Therefore, we hereby issue this notice to you as follows:
We hereby request the exercise of the Equity Call Option under the Option Agreement and that the [ ]% equity interests of the Company held by you (the “Proposed Transferred Equity”) be transferred to us/ [name of the designated entity/individual]. You are required to promptly transfer all the Proposed Transferred Equity to us/ [name of the designated entity/individual] upon receipt of this notice in accordance with the terms of the Option Agreement.
Yours faithfully,
Yeelion Online Network Technology (Beijing) Co., Ltd.
(Company Chop)
Authorized Representative:
Date:
Schedule B to Exclusive Option Agreement
of Beijing Kuwo Technology Co., Ltd.

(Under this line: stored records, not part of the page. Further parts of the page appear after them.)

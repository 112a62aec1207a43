//! What each kind of message keeps and changes. Each function does nothing: its clauses are the laws.

ghost use Rattle.std.specs.Prelude.{◌≡◌, ◌+◌, ◌%◌, ◌^◌, ◌++◌, ◌==◌, ◌&&◌, ◌||◌, ℕ, List, [], ◌∷◌, true, false, Some};
ghost use Rattle.std.specs.Prelude.{None, codes, slice_index};
ghost use Rattle.ei_spec.specs.declared.interface.KnownInterface.TheVariants as known;
ghost use Rattle.ei_spec.specs.Message.{Raw};
ghost use Rattle.ei_spec.specs.History.{each};
ghost use Rattle.ei_spec.specs.Stream.{Final};
ghost use Rattle.ei_spec.specs.Groups.{Input as Waits, Frame, Other, Free, Plain as Given, group, gives, frames_made};
ghost use Rattle.ei_spec.specs.Groups.{with_frame};
ghost use Rattle.ei_session.specs.Setup.{Setup, seat_id};
ghost use Rattle.ei_session.specs.Asked.{asks};
ghost use Rattle.ei_session.specs.Handshake.{connected, is_the_finish};
ghost use Rattle.ei_input.specs.declared.input_event.InputEvent.{InputEvent};
ghost use Rattle.ei_session.specs.Inputs.{DeviceInput};
ghost use Rattle.ei_session.specs.Devices.{seat_is_open, made, next_id, exhausts};
ghost use Rattle.ei_session.specs.Objects.{Entry, object, interfaces_left, gone};
ghost use Rattle.ei_session.specs.Serial.{steps, serial};
ghost use Rattle.ei_session.specs.Touches.{said_by, input, is_down};
ghost use Rattle.ei_session.specs.Refusals.{synced, came, refusal, judge};
ghost use Rattle.ei_session.specs.Requests.{Plain, item, slot};
ghost use Rattle.ei_session.specs.Events.{destroyed_event, reply};
ghost use Rattle.ei_session.specs.Kept.{frames_for, Keeps, KeepsVersions, Plainly};

/// A request that makes no device and releases nothing changes no object, no serial, no id and no version.
pub fn plain_requests()
    ensures device { (setup : Setup) (before : List Raw) (m : Raw) (e : Entry) (d : ℕ) → object before m.id ≡ Some e →
        e.device ≡ Some d →
        asks e.interface (codes "release") m ≡ false → Plainly setup before m }
    ensures known { (setup : Setup) (before : List Raw) (m : Raw) (e : Entry) → connected before ≡ true →
        object before m.id ≡ Some e → made before m ≡ None →
        asks e.interface (codes "release") m ≡ false → Plainly setup before m }
    ensures unknown { (setup : Setup) (before : List Raw) (m : Raw) → connected before ≡ true →
        object before m.id ≡ None → Plainly setup before m }
    ensures connected { (before : List Raw) (id : ℕ) (e : Entry) (d : ℕ) → object before id ≡ Some e →
        e.device ≡ Some d → connected before ≡ true }
    ensures no_finish { (before : List Raw) (m : Raw) → connected before ≡ true → is_the_finish before m ≡ false }
    ensures stays { (before : List Raw) (m : Raw) → connected before ≡ true → connected (m ∷ before) ≡ true }
    ensures makes { (before : List Raw) (m : Raw) (mask : ℕ) → made before m ≡ Some mask → connected before ≡ true }
    ensures versions { (before : List Raw) (m : Raw) → connected before ≡ true → KeepsVersions before m }
    ensures next_id { (before : List Raw) (m : Raw) → made before m ≡ None → next_id (m ∷ before) ≡ next_id before }
{}

/// The release of the seat, where it is there.
pub fn seat_released()
    ensures left { (before : List Raw) (m : Raw) (d : ℕ) → connected before ≡ true → m.id ≡ seat_id →
        asks known.Seat (codes "release") m ≡ true → interfaces_left (m ∷ before) d ≡ interfaces_left before d }
    ensures shut { (before : List Raw) (m : Raw) → connected before ≡ true → m.id ≡ seat_id →
        asks known.Seat (codes "release") m ≡ true → seat_is_open (m ∷ before) ≡ false }
    ensures serial { (setup : Setup) (before : List Raw) (m : Raw) → seat_is_open before ≡ true → m.id ≡ seat_id →
        asks known.Seat (codes "release") m ≡ true →
        serial setup (m ∷ before) ≡ (serial setup before + 1) % 2 ^ 32 }
    ensures reply { (setup : Setup) (before : List Raw) (m : Raw) → seat_is_open before ≡ true → m.id ≡ seat_id →
        asks known.Seat (codes "release") m ≡ true →
        reply setup before m ≡ destroyed_event seat_id (serial setup (m ∷ before)) ∷ [] }
{}

/// Messages before the finish: they give nothing, and all but the finish leave what there is.
pub fn handshake_messages()
    ensures item { (before : List Raw) (m : Raw) → connected before ≡ false → item before m ≡ None }
    ensures input { (before : List Raw) (m : Raw) → connected before ≡ false → input before m ≡ None }
    ensures gone { (before : List Raw) (m : Raw) → connected before ≡ false → gone before m ≡ [] }
    ensures steps { (before : List Raw) (m : Raw) → connected before ≡ false → steps before m ≡ 0 }
    ensures synced { (before : List Raw) (m : Raw) → connected before ≡ false → synced before m ≡ None }
    ensures reply { (setup : Setup) (before : List Raw) (m : Raw) → connected before ≡ false →
        is_the_finish before m ≡ false → reply setup before m ≡ [] }
    ensures keeps { (setup : Setup) (before : List Raw) (m : Raw) → connected before ≡ false →
        is_the_finish before m ≡ false → Keeps setup before m }
    ensures next_id { (before : List Raw) → connected before ≡ false → next_id before ≡ seat_id + 1 }
    ensures left { (before : List Raw) (d : ℕ) → connected before ≡ false → interfaces_left before d ≡ [] }
    ensures came { (name : List ℕ) (before : List Raw) (m : Raw) →
        came name (m ∷ before) ≡ ((m.id == 0 && asks known.Handshake name m) || came name before) }
{}

/// The finish.
pub fn finish_message()
    ensures target { (before : List Raw) (m : Raw) → is_the_finish before m ≡ true → m.id ≡ 0 }
    ensures serial { (setup : Setup) (before : List Raw) (m : Raw) → is_the_finish before m ≡ true →
        serial setup (m ∷ before) ≡ serial setup before }
    ensures next_id { (before : List Raw) (m : Raw) → is_the_finish before m ≡ true →
        next_id (m ∷ before) ≡ next_id before }
    ensures left { (before : List Raw) (m : Raw) (d : ℕ) → is_the_finish before m ≡ true →
        interfaces_left (m ∷ before) d ≡ [] }
    ensures item { (before : List Raw) (m : Raw) → is_the_finish before m ≡ true → item before m ≡ None }
    ensures versions { (before : List Raw) (m : Raw) → is_the_finish before m ≡ true → KeepsVersions before m }
{}

/// What one more message gives, by its item.
pub fn given_by_item()
    ensures input { (setup : Setup) (readings : List ℕ) (before : List Raw) (m : Raw) (d : ℕ) (i : InputEvent) →
        item before m ≡ Some (Waits d i) →
        gives readings (each (slot setup) before) (slot setup before m) ≡ [] }
    ensures frame { (setup : Setup) (readings : List ℕ) (before : List Raw) (m : Raw) (d serial time : ℕ) →
        item before m ≡ Some (Frame d serial time) →
        gives readings (each (slot setup) before) (slot setup before m) ≡
        with_frame (group d (each (slot setup) before)) d serial time }
    ensures other { (setup : Setup) (readings : List ℕ) (before : List Raw) (m : Raw) (d : ℕ) (y : Plain) →
        item before m ≡ Some (Other d y) →
        gives readings (each (slot setup) before) (slot setup before m) ≡
        with_frame (group d (each (slot setup) before)) d (serial setup before)
        (slice_index readings (frames_made (each (slot setup) before))) ++ (Given y ∷ []) }
    ensures free { (setup : Setup) (readings : List ℕ) (before : List Raw) (m : Raw) (y : Plain) →
        item before m ≡ Some (Free y) →
        gives readings (each (slot setup) before) (slot setup before m) ≡ Given y ∷ [] }
    ensures none { (setup : Setup) (readings : List ℕ) (before : List Raw) (m : Raw) → item before m ≡ None →
        gives readings (each (slot setup) before) (slot setup before m) ≡ [] }
{}

/// How many frames are made with one more message, by its item: one where it closes a group that isn't empty.
pub fn frames_made_by_item()
    ensures input { (setup : Setup) (before : List Raw) (m : Raw) (d : ℕ) (i : InputEvent) →
        item before m ≡ Some (Waits d i) →
        frames_made (each (slot setup) (m ∷ before)) ≡ frames_made (each (slot setup) before) }
    ensures frame { (setup : Setup) (before : List Raw) (m : Raw) (d serial time : ℕ) →
        item before m ≡ Some (Frame d serial time) →
        frames_made (each (slot setup) (m ∷ before)) ≡ frames_made (each (slot setup) before) }
    ensures other { (setup : Setup) (before : List Raw) (m : Raw) (d : ℕ) (y : Plain) →
        item before m ≡ Some (Other d y) →
        frames_made (each (slot setup) (m ∷ before)) ≡
        frames_made (each (slot setup) before) + frames_for (group d (each (slot setup) before)) }
    ensures free { (setup : Setup) (before : List Raw) (m : Raw) (y : Plain) → item before m ≡ Some (Free y) →
        frames_made (each (slot setup) (m ∷ before)) ≡ frames_made (each (slot setup) before) }
    ensures none { (setup : Setup) (before : List Raw) (m : Raw) → item before m ≡ None →
        frames_made (each (slot setup) (m ∷ before)) ≡ frames_made (each (slot setup) before) }
{}

/// Where the ids run out with a device, nothing is answered, and the stream ends.
pub fn ids_run_out()
    ensures reply { (setup : Setup) (before : List Raw) (m : Raw) (mask : ℕ) → made before m ≡ Some mask →
        exhausts before m ≡ true → reply setup before m ≡ [] }
    ensures last { (setup : Setup) (before : List Raw) (m : Raw) → refusal setup before m ≡ None →
        exhausts before m ≡ true → judge setup before m ≡ Final }
{}

/// An input that says nothing of touches leaves those that are down.
pub fn other_inputs()
    ensures is_down { (before : List Raw) (m : Raw) (i : DeviceInput) → input before m ≡ Some i →
        ((touch : ℕ) → said_by touch i.input ≡ None) →
        (device touch : ℕ) → is_down (m ∷ before) device touch ≡ is_down before device touch }
{}
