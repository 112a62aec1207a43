//! What a server's session is: the definitions that the theorem of `serve` cites, with their laws.
//!
//! There is no protocol code here. Each definition takes the messages before a position, the newest
//! first, so that "one more message" is its own clause, and the messages of a stream cut short are a
//! tail of the list. Begin with `specs/Served.antt`, the session over pieces, which stands on `Refusals`,
//! `Requests` and `Events`; these stand on `Inputs`, `Devices`, `Objects`, `Serial` and `Touches`.
//!
//! What a request asks is told in `Meaning`, by its row in the table of messages. `ByMeaning` and
//! `AnsweredByMeaning` have the item, the refusal and the answer by it, a line for each thing asked: what
//! stands above reads no name and no byte. `Kept` says what a message leaves as it was.
#![tactic(auto)]

mod all_requests;
mod completeness;
mod devices_held;
mod kinds_of_messages;
pub mod laws;
mod meanings;
mod next;
mod objects_by_id;
mod told;
mod versions;
mod worked;
mod worked_told;
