//! Laws of the definitions.

ghost use Rattle.std.specs.Prelude.{ℕ, List};
ghost use Rattle.ei_spec.specs.Message.{IsBytes};
ghost use Rattle.ei_session.specs.Setup.{Setup};
ghost use Rattle.ei_session.specs.Requests.{framed};
ghost use Rattle.ei_session.specs.Served.{accepted};
ghost use Rattle.ei_record.specs.Replayable.{IsReplayable};
ghost use Rattle.ei_record.specs.Worked.{Rows};

/// What a server hands out can be played back: the requests of any stream, whatever the clock told.
pub fn handed_out()
    ensures { (setup : Setup) (stream readings : List ℕ) → IsBytes stream →
        IsReplayable setup (framed setup readings (accepted setup stream)) }
{}

/// The worked rows.
pub fn rows()
    ensures { Rows }
{}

Controlling Agreement
Schedule C
Form of the Exercise Notice
To: Beijing Kuwo Technology Co., Ltd. (the “Company”)
In view of the Exclusive Option Agreement dated as [*], 20[*] (the “Option Agreement”) entered into by and among the undersigned, the Company and all the shareholders of the Company at that time, pursuant to which the Company shall, upon request by us and to the extent permitted by the PRC laws and regulations, transfer the assets of the Company to us or any third party designated by us.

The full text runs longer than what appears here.